Thanks 17Adamovic. If you watch parts 2 & 3 of text analytics on PDF, you will see additional ways to analyze the content on page level, document level and filter by words. Kindly see the following titles: How to perform Text Analytics on PDF Documents in R? Multiple PDF Analysis in R

@17Adamovic 2 года назад

@@DataCentricInc as im brand new to learning R, and need it to do some research work for a professor, I've been watching and learning from your videos! I did watch the other parts, but I don't believe the search/count of a specific word was shown, unless I missed it. You show us how to filter or search for the most frequent words, but I was wondering if we could simply count the amount of a specific word, like "cyber"

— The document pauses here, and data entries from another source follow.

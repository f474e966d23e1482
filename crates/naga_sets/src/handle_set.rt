//! Sets of handles.
ghost use Rattle.std.specs.Prelude.{◌≡◌, ◌<◌, ◌≤◌, ◌+◌, ◌↔◌, true, not, IsTrue, IsOk, OnOk, OnErr, OnSome, IfOk, IfSome, IfNone, length};
ghost use Rattle.std.specs.FinSet as set;
ghost use Rattle.std.specs.Iterator.{IsFiniteIterable};
ghost use Rattle.std.specs.List.{All};
ghost use Rattle.std.specs.List.Sorted.{IsStrictlyIncreasing};
ghost use Rattle.naga_sets.specs.HandleSet.{none_below, all_below, with_member, without_member, IsGreatest, InsertsItems};
ghost use Rattle.naga_arena.specs.Limits.{max_len};

mod iter;
mod words;

pub use iter::HandleSetIter;
use naga_arena::{ArenaType, Handle, KindName, Range};
use std::alloc::{AllocError, Global};
use std::fmt;
use std::marker::{Model, PhantomData};
use words::{
    clear_bit, clear_for, has_bit, has_no_bits, last_bit, set_bit, set_bits_below, words_for,
};

/// A set of `Handle<T>` values, with a bound that is greater than all their indices.
///
/// The set has space for all handles below the bound. The bound is the length of the arena that the set was created or
/// last cleared for, and increases when a handle at or above it is inserted. Removing members does not change it.
#[derive(Drop)]
pub struct HandleSet<T> {
    /// The bound: the index of every member is below it.
    bound: usize,

    /// The bits of the members: bit `i % 64` of `words[i / 64]` is set if the handle with index `i` is a member.
    ///
    /// There may be fewer words than the bound requires: a handle whose word is missing is not a member. The capacity
    /// is large enough for all words.
    words: Vec<u64>,

    /// Marks the set as one of handles to values of type `T`.
    as_keys: PhantomData<T>,
}

impl<T> Model for HandleSet<T> {
    ghost use Rattle.std.specs.Prelude.{vec_capacity};
    ghost use Rattle.naga_sets.specs.HandleSet.{BoundedSet, bounded_set_code};
    ghost use Rattle.naga_sets.specs.Words.{bit_set, AreWordsFor};

    ghost Value = { BoundedSet };

    ghost coded = { bounded_set_code };

    ghost view = { λ s. record { bound = s.bound; members = bit_set s.words.items } };

    ghost invariant = { λ s. AreWordsFor s.bound s.words.items (vec_capacity s.words) };
}

#[tactic(auto, using(crate::proofs::HandleSetLemmas::representing))]
impl<T: KindName> HandleSet<T> {
    /// Creates an empty set with bound 0.
    ///
    /// This does not allocate.
    pub fn new(alloc: Global) -> Self
        ensures { result ≡ none_below 0 }
    {
        HandleSet {
            bound: 0,
            words: Vec::new(alloc),
            as_keys: PhantomData,
        }
    }

    /// Returns whether the set has no members.
    ///
    /// This looks for a member, 64 handles at a time.
    pub fn is_empty(&self) -> bool
        ensures { IsTrue result ↔ (self.now.members ≡ set.empty) }
    {
        has_no_bits(self.words.as_slice())
    }

    /// Creates an empty set with space for the handles of an arena. The bound is the length of the arena.
    ///
    /// Returns `Err` if allocation fails.
    pub fn for_arena<A: ArenaType<T>>(alloc: Global, arena: &A) -> Result<Self, AllocError>
        ensures { IfOk result (λ handles. handles ≡ none_below (A.size arena.now)) }
    {
        let bound = arena.len();
        Ok(HandleSet {
            bound,
            words: Vec::with_capacity(alloc, words_for(bound))?,
            as_keys: PhantomData,
        })
    }

    /// Removes all members. The bound is unchanged.
    pub fn clear(&mut self)
        ensures { self.new ≡ none_below self.old.bound }
    {
        self.words.clear();
    }

    /// Removes all members, and reserves space for the handles of an arena. The bound becomes the length of the arena.
    ///
    /// Returns `Err` if allocation fails. The set is then unchanged. If the length of the arena is at most the old
    /// bound, this does not allocate.
    ///
    /// Differs from naga: naga keeps the old bound.
    pub fn clear_for_arena<A: ArenaType<T>>(&mut self, arena: &A) -> Result<(), AllocError>
        ensures cleared { OnOk result (self.new ≡ none_below (A.size arena.now)) }
        ensures unchanged { OnErr result (self.new ≡ self.old) }
        ensures room { A.size arena.now ≤ self.old.bound → IsOk result }
    {
        let bound = arena.len();
        clear_for(&mut self.words, bound)?;
        self.bound = bound;
        Ok(())
    }

    /// Returns the range of all handles below the bound.
    pub fn all_possible(&self) -> Range<T>
        ensures value { result ≡ (0, self.now.bound) }
        ensures bound { self.now.bound ≤ max_len }
        ensures members { set.len self.now.members ≤ self.now.bound }
    {
        Range::<T>::up_to(self.bound as u32)
    }

    /// Inserts a handle, and returns whether it is a new member.
    ///
    /// If the bound is not greater than the index of the handle, it becomes that index plus 1, which may allocate.
    /// Returns `Err` if allocation fails. The set is then unchanged.
    ///
    /// Differs from naga: naga does not change the bound.
    pub fn insert(&mut self, handle: Handle<T>) -> Result<bool, AllocError>
        ensures is_new { IfOk result (λ is_new. is_new ≡ not (set.contains self.old.members handle)) }
        ensures inserted { OnOk result (self.new ≡ with_member self.old handle) }
        ensures unchanged { OnErr result (self.new ≡ self.old) }
        // There is capacity for all handles below the bound.
        ensures room { handle < self.old.bound → IsOk result }
    {
        let index = handle.index();
        let is_new = set_bit(&mut self.words, index)?;
        self.bound = self.bound.max(index + 1);
        Ok(is_new)
    }

    /// Removes a handle, and returns whether it was a member.
    pub fn remove(&mut self, handle: Handle<T>) -> bool
        ensures was_member { result ≡ set.contains self.old.members handle }
        ensures removed { self.new ≡ without_member self.old handle }
    {
        clear_bit(&mut self.words, handle.index())
    }

    /// Inserts the handles that an iterable yields, one after another.
    ///
    /// Returns `Err` if allocation fails for a handle. The handles before it are then members, and its index is at or
    /// above the bound.
    ///
    /// Precondition: `next` can be called on the iterator of `iter`, and the iterator is finite.
    #[tactic(auto, using(crate::proofs::HandleSetLemmas::inserting))]
    pub fn insert_iter<I: IntoIterator<Item = Handle<T>>>(
        &mut self,
        iter: I,
    ) -> Result<(), AllocError>
    where
        I::IntoIter: Drop,
        requires { IsFiniteIterable I.into_iter_gives I.IntoIter.can_next I.IntoIter.remaining iter }
        ensures { InsertsItems I.into_iter_gives I.IntoIter.next_gives iter self.old self.new result }
    {
        'items: for handle in iter {
            self.insert(handle)?;
        }
        Ok(())
    }

    /// Inserts all handles below the bound.
    ///
    /// This does not allocate.
    ///
    /// Differs from naga: naga inserts the handles for which it has allocated bits, which may be fewer or more than
    /// those below its bound.
    pub fn add_all(&mut self)
        ensures { self.new ≡ all_below self.old.bound }
    {
        set_bits_below(&mut self.words, self.bound);
    }

    /// Returns whether a handle is a member.
    pub fn contains(&self, handle: Handle<T>) -> bool
        ensures value { result ≡ set.contains self.now.members handle }
        ensures below { IsTrue result → handle < self.now.bound }
    {
        has_bit(self.words.as_slice(), handle.index())
    }

    /// Returns an iterator over the members, in ascending order of their indices.
    pub fn iter(&self) -> HandleSetIter<'_, T>
        ensures ascending { IsStrictlyIncreasing result }
        ensures members { set.from_list result ≡ self.now.members }
        ensures below { All (λ handle. handle < self.now.bound) result }
        ensures count { length result ≡ set.len self.now.members }
        ensures bound { length result ≤ max_len }
    {
        HandleSetIter::new(self.words.as_slice())
    }

    /// Removes the member with the greatest index, and returns it, or `None` if the set is empty. The bound is
    /// unchanged.
    ///
    /// 64-bit words without members are removed from the end, so that emptying a set takes as many steps as it has
    /// members and words.
    pub fn pop(&mut self) -> Option<Handle<T>>
        ensures greatest { IfSome result (IsGreatest self.old.members) }
        ensures below { IfSome result (λ handle. handle < self.old.bound) }
        ensures removed { IfSome result (λ handle. self.new ≡ without_member self.old handle) }
        ensures fewer { OnSome result (set.len self.old.members ≡ set.len self.new.members + 1) }
        ensures none { IfNone result (self.old.members ≡ set.empty) }
        ensures unchanged { IfNone result (self.new ≡ self.old) }
    {
        let index = last_bit(&mut self.words)?;
        clear_bit(&mut self.words, index);
        Some(Handle::<T>::at(index))
    }
}

/// Formats the members of the set, like `{[0], [2]}`.
impl<T: KindName> fmt::Debug for HandleSet<T> {
    fn fmt<W: fmt::Write>(&self, f: &mut fmt::Formatter<W>) -> fmt::Result {
        f.debug_set().entries(self.iter()).finish()
    }
}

@DataCentricInc 2 года назад

@@17Adamovic Kindly see code below that you can use to filter the frequency of words in the Term Document Matrix. Hope this helps :). inspect(opinions.tdm[c("cyber"),])#search for specific words

@17Adamovic 2 года назад

@@DataCentricInc Ahh!! You are the best... thank you!

@17Adamovic 2 года назад

@@DataCentricInc do you have a video on the cleaning code that needs to be done to avoid missing out on the search words with " ' " in them (like, cyber's)? When i apply the cleaning code in your current videos such as removePunctuation, stopwords, tolower, stemming, removeNumbers, bounds, and then search for a specific word, it still avoids the words with any apostrophes in them, even if i change the search term to say "cybers" since the previous coding might remove the apostrophe

@zachabenz 2 года назад

Thanks you for your interesting video. I just ask plz where to get the "tm" pkg

@DataCentricInc 2 года назад

Hi Zacha B, you can type the following line to install the tm library: install.packages("tm")

@zachabenz 2 года назад

@@DataCentricInc Thank you very much. 👍🙏

@harmandeepsingh8903 2 года назад

Great Work Mam, i have one thing if you help me out on that, for example, we took only a specific term from the pdf and then want to analyze for that specific term. Is it possible

@DataCentricInc 2 года назад

Yes it is possible to focus on a term.

@harmandeepsingh8903 2 года назад

Thank you for response, please do a video on that for your subscriber

@agatabreczko6388 2 года назад

Hello! When I am writing the code, in the line 9: "pdfdatabase

@DataCentricInc 2 года назад

Ensure you run the line to require pdftools

@josephjohns1336 2 года назад

Could you please make a video about how to scrape, clean, and visualize data from within tables in a pdf using R? Preferably not a video that uses the tabulizer library or family of libraries. Only pdf tools please.

@DataCentricInc 2 года назад

Hi Joseph, I will take a look at this and let you know.

@DataCentricInc 2 года назад

Hi John, you can look out for this video next Monday.

@itumelengmosala5335 2 года назад

Am continuing to struggle with the code below. Giving me error list.files(path = folder , pattern = "pdf$") folder

@DataCentricInc 2 года назад

Hi itumeleng, I have asked you to send me an email. Check the previous replies I have sent.

@kripa_dristi 2 года назад

Can you please make a video on text mining in search of pdf online by using one keyword

@DataCentricInc 2 года назад

Thanks for your feedback Kripa however I need a little more clarity on this request. Is it that you want to search for a PDF file on the web using R and then perform text mining on the results?

@kripa_dristi Год назад

@@DataCentricInc can you directly implement text mining to search & download any pdf available in web or from any publisher

@er2759 2 года назад

Hello thanky for the great videos!! I have some issues with line 4 its not working. I sent you an mail hopefully you can help me. The error is: Error in lapply(files, pdf_text) : object 'files' not found

@DataCentricInc 2 года назад

Hi ER, it is difficult to diagnose the problem just from this error, ensure you run the line that create the files variable just to so be sage because that could cause an error as well.